MUBI's Fassbinder focus kicks off this January with Love is Colder than Death (1969) and Beware of a Holy Whore (1971) and moves from the deliberately theatrical staging of his early films to works from the mid-1970s, when the director began to inject the stylistic elements of classic melodrama into his provocative character studies.


The Flower of Evil

Claude Chabrol
This month, MUBI presents a special series focusing on the work of filmmaker Claude Chabrol. Often referred to as the ‘French Hitchcock’, he was one of the most prolific directors of the New Wave and went on to make a film almost every year from 1958 until his death in 2010. 

Arriving on the platform first is Madame Bovary (1991): bored with the tedious nature of provincial life in 19th-century France, the fierce Emma Bovary finds herself in calamitous debt and pursues scandalous sexual liaisons with absolute abandon. 

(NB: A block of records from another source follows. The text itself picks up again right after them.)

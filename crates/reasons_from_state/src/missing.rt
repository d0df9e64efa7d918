//! Who is missing where signers don't satisfy a policy, and whether another order would do.
ghost use Rattle.std.specs.Prelude.{◌≡◌, ◌+◌, ◌≤◌, length, true, false, IfOk, MatchOption};
ghost use Rattle.std.specs.Option.{option_copied};
ghost use Rattle.policy.specs.Tree.{Trees, principal};
ghost use Rattle.policy.specs.View.{trees};
ghost use Rattle.policy_eval.specs.Evaluation.{none_used};
ghost use Rattle.policy_eval.specs.Evaluating.{evaluate, evaluate_all, is_satisfied};
ghost use Rattle.reasons.specs.Shortfall.{missing_from, first_missing, asks_any_role, is_wide, wide_of, wide_last, others_before};

use policy::{Expression, Node, Policy, PolicyRole, Principal};
use policy_eval::{Signers, take_signer};
use std::alloc::{AllocError, Global};
use transaction::{Identity, MAX_ENDORSEMENTS};
use values::Name;

/// What an expression answers, from the set used, and the principal that is missing where it isn't satisfied.
#[cycle(missing)]
fn missing_from<'p>(
    expression: &'p Expression,
    signers: &[Identity<'_>],
    used: &mut [bool],
) -> (bool, Option<&'p Principal>)
    requires { length used.old ≤ MAX_ENDORSEMENTS }
    ensures answer { evaluate expression.now signers.now used.old ≡ (result.0, used.new) }
    ensures missing { option_copied result.1 ≡ missing_from expression.now signers.now used.old }
{
    match &expression.node {
        Node::Signed(principal) => match take_signer(principal, signers, used) {
            Some(_) => (true, None),
            None => (false, Some(principal)),
        },
        Node::Gate { threshold, members } => {
            let mut saved = [false; MAX_ENDORSEMENTS];
            saved[..used.len()].copy_from_slice(used);
            let (count, first) = first_missing(members, signers, used);
            if *threshold as usize <= count {
                (true, None)
            } else {
                used.copy_from_slice(&saved[..used.len()]);
                (false, first)
            }
        }
    }
}

/// How many members answer yes, and who is missing in the first that answers no.
#[cycle(missing)]
fn first_missing<'p>(
    members: &'p [Expression],
    signers: &[Identity<'_>],
    used: &mut [bool],
) -> (usize, Option<&'p Principal>)
    requires { length used.old ≤ MAX_ENDORSEMENTS }
    ensures answers { evaluate_all (trees members.now) signers.now used.old ≡ (result.0, used.new) }
    ensures missing { option_copied result.1 ≡ first_missing (trees members.now) signers.now used.old }
{
    let mut count = 0;
    let mut first = None;
    for member in members {
        let (satisfied, missing) = missing_from(member, signers, used);
        if satisfied {
            count += 1;
        }
        if first.is_none() {
            first = missing;
        }
    }
    (count, first)
}

/// The principal that is missing, copied. One evaluation.
pub(crate) fn missing(
    alloc: Global,
    policy: &Policy,
    signers: &Signers<'_>,
) -> Result<Option<Principal>, AllocError>
    ensures { IfOk result (λ x. x ≡ missing_from policy.now signers.now (none_used signers.now)) }
{
    let mut used = [false; MAX_ENDORSEMENTS];
    let identities = signers.as_slice();
    let (_, missing) = missing_from(policy.root(), identities, &mut used[..identities.len()]);
    match missing {
        None => Ok(None),
        Some(principal) => Ok(Some(Principal {
            org: Name::from_slice(alloc, principal.org.as_slice())?,
            role: principal.role,
        })),
    }
}

/// The principal that an expression is, if each role fills it.
fn wide(expression: &Expression) -> Option<&Principal>
    ensures { MatchOption result (is_wide expression.now ≡ false) (λ p. (is_wide expression.now ≡ true) × (expression.now ≡ principal p.now.org p.now.role)) }
{
    match &expression.node {
        Node::Signed(principal) => match principal.role {
            PolicyRole::Member => Some(principal),
            PolicyRole::Admin | PolicyRole::Client | PolicyRole::Peer | PolicyRole::Orderer => None,
        },
        Node::Gate { .. } => None,
    }
}

/// How many wide members take a signer.
fn count_wide(members: &[Expression], signers: &[Identity<'_>], used: &mut [bool]) -> usize
    ensures { evaluate_all (wide_of (trees members.now)) signers.now used.old ≡ (result, used.new) }
{
    let mut count = 0;
    for member in members {
        let Some(principal) = wide(member) else {
            continue;
        };
        if take_signer(principal, signers, used).is_some() {
            count += 1;
        }
    }
    count
}

/// What an expression answers whose gates ask their wide principals last.
#[cycle(wide_last)]
fn holds_wide_last(expression: &Expression, signers: &[Identity<'_>], used: &mut [bool]) -> bool
    requires { length used.old ≤ MAX_ENDORSEMENTS }
    ensures { evaluate (wide_last expression.now) signers.now used.old ≡ (result, used.new) }
{
    match &expression.node {
        Node::Signed(principal) => take_signer(principal, signers, used).is_some(),
        Node::Gate { threshold, members } => {
            let mut saved = [false; MAX_ENDORSEMENTS];
            saved[..used.len()].copy_from_slice(used);
            let others = count_others(members, signers, used);
            let wide = count_wide(members, signers, used);
            if (*threshold as usize).saturating_sub(others) <= wide {
                true
            } else {
                used.copy_from_slice(&saved[..used.len()]);
                false
            }
        }
    }
}

/// How many of the members that aren't wide answer yes, each with its wide principals last.
#[cycle(wide_last)]
fn count_others(members: &[Expression], signers: &[Identity<'_>], used: &mut [bool]) -> usize
    requires { length used.old ≤ MAX_ENDORSEMENTS }
    ensures answers { (wide : Trees) → evaluate_all (others_before wide (trees members.now)) signers.now used.old
        ≡ (result + (evaluate_all wide signers.now used.new).0, (evaluate_all wide signers.now used.new).1) }
    ensures marks { length used.new ≡ length used.old }
{
    let mut count = 0;
    for member in members {
        if wide(member).is_some() {
            continue;
        }
        if holds_wide_last(member, signers, used) {
            count += 1;
        }
    }
    count
}

/// Whether the signers would satisfy the policy if each of its gates asked its wide principals last. One evaluation.
pub(crate) fn would_do_in_another_order(policy: &Policy, signers: &Signers<'_>) -> bool
    ensures { result ≡ is_satisfied (wide_last policy.now) signers.now }
{
    let mut used = [false; MAX_ENDORSEMENTS];
    let identities = signers.as_slice();
    holds_wide_last(policy.root(), identities, &mut used[..identities.len()])
}
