//! Versions of keys where all verdicts are known.
ghost use Rattle.std.specs.Prelude.{◌≡◌, ◌≤◌, length};
ghost use Rattle.rules.specs.State.{version_in};
ghost use Rattle.rules.specs.Fold.{running};
ghost use Rattle.key_chains.specs.Shown.{Shows};

use key_chains::{Decision, Job, PlainBoard, StateKey};
use transaction::Version;

/// The version of a key once the valid transactions before i are applied.
pub(crate) fn version_at(
    job: &Job<'_, '_>,
    i: u32,
    key: &StateKey<'_>,
    board: &mut PlainBoard,
) -> Option<Version>
    requires place { i ≤ length job.now.candidates }
    requires shown { Shows job.now board.old }
    ensures value { result ≡ version_in (running job.now i).state key.now }
    ensures board { board.new ≡ board.old }
{
    let Decision::Sure(version) = mvcc::version_at(job, i, key, board) else {
        unreachable!()
    };
    version
}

Chabrol’s stylish thriller The Flower of Evil (2003), which depicts the French bourgeoisie, follows, and all begins to unravel for what seems to be the perfect family when Anne decides to run for mayor.


Festival Focus: Rotterdam

Festival Focus: Rotterdam
Timed to coincide with the 2023 edition of the festival, Festival Focus: Rotterdam returns with three gems from last year’s International Film Festival Rotterdam: Roberto Doveris’ indie comedy Phantom Project (2022), described as “the Chilean version of Friends for the YouTube generation,” A Human Position (2022) from Anders Emblem, a portrait of a young Norwegian woman doubling as a societal commentary on life in one of the wealthiest countries in the world, and Becoming Male in the Middle Ages (2022), a luminous, naturalistic 16mm sci-fi short queering the notion of family from artist, filmmaker and writer Pedro Neves Marques.


The Element of Crime

First Films First
MUB's annual series First Films First kicks off the year highlighting a fresh selection of debut films from cinema’s finest auteurs. This year MUBI revisits the films that launched the careers of distinguished directors including: Paul W.S Anderson’s shocking debut, Shopping (1994), Lars von Trier’s neo-noir crime thriller The Element of Crime (1984), Jeff Nichols’ poetic and powerful Shotgun Stories (2007) and more.



The Last Stage
The pioneering Polish filmmaker Wanda Jakubowska brought Auschwitz to the screen in The Last Stage (1948), just years after experiencing the war’s horrors herself. Having drawn from her own experiences, the film builds a collective portrait of an international group of women trying to survive the nightmare of the camp focusing on their heroism, resiliency and solidarity. Lauded as one of the earliest efforts to describe the horrors of the Holocaust, the historic film was restored in 4k by Poland’s National Film Archive.



Actual People
Kit Zauhar’s poignant, bare-boned independent drama Actual People (2021) – a voyage into the mind of a young woman trying to find her place in the world – arrives on MUBI this month. Zauhar stars in her own debut feature as Riley, an aimless girl in her final week of college who goes to great lengths to win the affections of a boy from her hometown, as she ends up having to confront her escalating anxieties about her love life, family, and future.